Die defensiven Sektoren des Index sind in diesem Jahr angeschlagen: Versorger sind um etwa 18%, Basiskonsumgüter um fast 9% und das Gesundheitswesen um etwa 6% gefallen, was zum Teil darauf zurückzuführen ist, dass die höheren Renditen von Staatsanleihen deren Attraktivität geschmälert haben.

"Sichere Anlagen haben sich angesichts widersprüchlicher Wachstumsdaten und erhöhter geopolitischer Spannungen nicht wie erwartet entwickelt", schreiben die Analysten von UBS Global Wealth Management am Freitag.

Die Anleger haben immer noch einige Absicherungen in ihrem Portfolio. Der Goldpreis ist seit dem Ausbruch des Konflikts zwischen Israel und der Hamas in diesem Monat um 8% gestiegen.

Bei den Währungen steht der Schweizer Franken, der seit langem als sicherer Hafen gilt, in der Nähe des höchsten Stands gegenüber dem Euro seit 2015. Der Dollar ist in den letzten drei Monaten um 5% gestiegen.

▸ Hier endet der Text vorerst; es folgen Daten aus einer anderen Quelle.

ghost use Rattle.std.specs.Prelude.{◌≡◌, nat_eq, codes, drop};
ghost use Rattle.std.specs.List.{list_any};
ghost use Rattle.std.specs.Cmp.Lexicographic.{pointwise};
ghost use Rattle.pb_local.specs.Tree.{program_of};
ghost use Rattle.pb_text_read.specs.Fronts.{strip};
ghost use Rattle.pb_types_fit.specs.Taken.{found, stands_first, stands_in, own_words, keywords, library_words, any_rest, is_word_taken, is_reserved, has_role, has_label, has_kernel, is_of_role, is_of_kernel, is_of_label, is_taken};

use pb_local::Local;
use pb_text_read::strip;

#[tactic(auto, unfolding(crate::specs::Taken::own_words))]
fn own_words() -> &'static [u8]
    ensures { result.now ≡ own_words }
{
    b" is ir us ur main argc argv size rank N R I a i st x role index to_role to_index from_role from_index v count most "
}

#[tactic(auto, unfolding(crate::specs::Taken::keywords))]
fn keywords() -> &'static [u8]
    ensures { result.now ≡ keywords }
{
    b" alignas alignof auto bool break case char const constexpr continue default do double else enum extern false float for goto if inline int long nullptr register restrict return short signed sizeof static static_assert struct switch thread_local true typedef typeof typeof_unqual union unsigned void volatile while asm linux unix i386 "
}

#[tactic(auto, unfolding(crate::specs::Taken::library_words))]
fn library_words() -> &'static [u8]
    ensures { result.now ≡ library_words }
{
    b" NULL EOF BUFSIZ FILE FILENAME_MAX FOPEN_MAX L_tmpnam SEEK_CUR SEEK_END SEEK_SET TMP_MAX stderr stdin stdout clearerr fclose feof ferror fflush fgetc fgetpos fgets fopen fprintf fputc fputs fread freopen fscanf fseek fsetpos ftell fwrite getc getchar gets perror printf putc putchar puts remove rename rewind scanf setbuf setvbuf snprintf sprintf sscanf tmpfile tmpnam ungetc vfprintf vfscanf vprintf vscanf vsnprintf vsprintf vsscanf "
}

fn stands_first(word: &[u8], text: &[u8]) -> bool
    ensures { result ≡ stands_first word.now text.now }
{
    let Some(rest) = strip(b" ", text) else {
        return false;
    };
    let Some(more) = strip(word, rest) else {
        return false;
    };
    strip(b" ", more).is_some()
}

// Whether the word stands in the text, between blanks.
fn stands_in(word: &[u8], text: &[u8]) -> bool
    ensures { result ≡ stands_in word.now text.now }
{
    for at in 0..text.len() {
        if stands_first(word, &text[at..]) {
            return true;
        }
    }
    false
}

fn is_word_taken(name: &[u8]) -> bool
    ensures { result ≡ is_word_taken name.now }
{
    stands_in(name, own_words()) || stands_in(name, keywords()) || stands_in(name, library_words())
}

fn begins(front: &[u8], name: &[u8]) -> bool
    ensures { result ≡ found (strip front.now name.now) any_rest }
{
    strip(front, name).is_some()
}

fn is_reserved(name: &[u8]) -> bool
    ensures { result ≡ is_reserved name.now }
{
    begins(b"_", name)
        || begins(b"MPI_", name)
        || begins(b"PMPI_", name)
        || begins(b"PABBLE_", name)
        || begins(b"pabble_", name)
        || name.ends_with(b"_t")
}

fn has_role(local: &Local, name: &[u8]) -> bool
    ensures { result ≡ has_role (program_of local.now) name.now }
{
    for role in &local.roles {
        if role.name.bytes() == name {
            return true;
        }
    }
    false
}

fn has_label(local: &Local, name: &[u8]) -> bool
    ensures { result ≡ has_label (program_of local.now) name.now }
{
    for label in &local.labels {
        if label.name.bytes() == name {
            return true;
        }
    }
    false
}

fn has_kernel(local: &Local, name: &[u8]) -> bool
    ensures { result ≡ has_kernel (program_of local.now) name.now }
{
    for kernel in &local.kernels {
        if kernel.name.bytes() == name {
            return true;
        }
    }
    false
}

// Whether the name is this text and then that of a role.
fn is_role_behind(local: &Local, front: &[u8], name: &[u8]) -> bool
    ensures { result ≡ found (strip front.now name.now) (has_role (program_of local.now)) }
{
    match strip(front, name) {
        Some(rest) => has_role(local, rest),
        None => false,
    }
}

fn is_kernel_behind(local: &Local, front: &[u8], name: &[u8]) -> bool
    ensures { result ≡ found (strip front.now name.now) (has_kernel (program_of local.now)) }
{
    match strip(front, name) {
        Some(rest) => has_kernel(local, rest),
        None => false,
    }
}

fn is_label_behind(local: &Local, front: &[u8], name: &[u8]) -> bool
    ensures { result ≡ found (strip front.now name.now) (has_label (program_of local.now)) }
{
    match strip(front, name) {
        Some(rest) => has_label(local, rest),
        None => false,
    }
}

fn is_of_kernel(local: &Local, name: &[u8]) -> bool
    ensures { result ≡ is_of_kernel (program_of local.now) name.now }
{
    is_kernel_behind(local, b"k_", name) || is_kernel_behind(local, b"c_", name)
}

fn is_of_label(local: &Local, name: &[u8]) -> bool
    ensures { result ≡ is_of_label (program_of local.now) name.now }
{
    is_label_behind(local, b"make_", name)
        || is_label_behind(local, b"take_", name)
        || is_label_behind(local, b"room_", name)
        || is_label_behind(local, b"s_", name)
        || is_label_behind(local, b"t_", name)
        || is_label_behind(local, b"n_", name)
}

/// Whether a constant can't have the name.
pub fn is_taken(local: &Local, name: &[u8]) -> bool
    ensures { result ≡ is_taken (program_of local.now) name.now }
{
    is_word_taken(name)
        || is_reserved(name)
        || is_role_behind(local, b"r_", name)
        || is_of_kernel(local, name)
        || is_of_label(local, name)
}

Einige Anleger weichen auf kurzfristige Staatsanleihen oder Geldmarktfonds aus, die attraktivere Renditen bieten, seit die Zinssätze Anfang letzten Jahres zu steigen begannen.

Es gibt sicherlich viele Anleger, die ... bei 5% plus Zinsen auf völlig liquide Schatzwechsel bereit sind, dort zu parken, während sie auf etwas Klarheit über die Inflation und die Wirtschaft warten, sagte Rick Meckler, Partner bei Cherry Lane Investments.

Nach Angaben der LSEG haben US-Geldmarktfonds in diesem Jahr Zuflüsse in Höhe von 640 Milliarden Dollar verzeichnet.

Um sich gegen die Volatilität an den Anleihemärkten abzusichern, bevorzugen die UBS-Analysten eine fünfjährige Duration gegenüber einer 10-jährigen, "um Rendite zu erzielen und das Risiko zu mindern, dass die 10-jährigen Renditen weiter steigen".

Sie empfahlen außerdem, sich gegen eine Ausweitung des Konflikts im Nahen Osten abzusichern, indem sie Long-Positionen in Futures auf Rohöl der Sorte Brent eingingen.

Geopolitische Unsicherheiten, steigende Anleiherenditen und das Risiko weiterer Verluste bei Aktien bedeuten, dass "Anleger mit neuen Unsicherheiten konfrontiert sind", schreiben sie.